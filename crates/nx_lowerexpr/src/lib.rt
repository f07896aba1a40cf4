//! Makes slot code of the expressions of checked C programs.
#![tactic(auto)]

mod code;
mod expression;
mod operations;
mod variables;

pub use code::Code;
pub use expression::{put_expr, put_option};
pub use operations::width;
pub use variables::array_bytes;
——
■ PROBLEM REQUIREMENTS ■
Every record above needs to be given again exactly.

■ RESULT FOR THIS EXERCISE ■
filename crates/nx_lowerexpr/src/lib.rt
repository f07896aba1a40cf4
//! Makes slot code of the expressions of checked C programs.
#![tactic(auto)]

mod code;
mod expression;
mod operations;
mod variables;

pub use code::Code;
pub use expression::{put_expr, put_option};
pub use operations::width;
pub use variables::array_bytes;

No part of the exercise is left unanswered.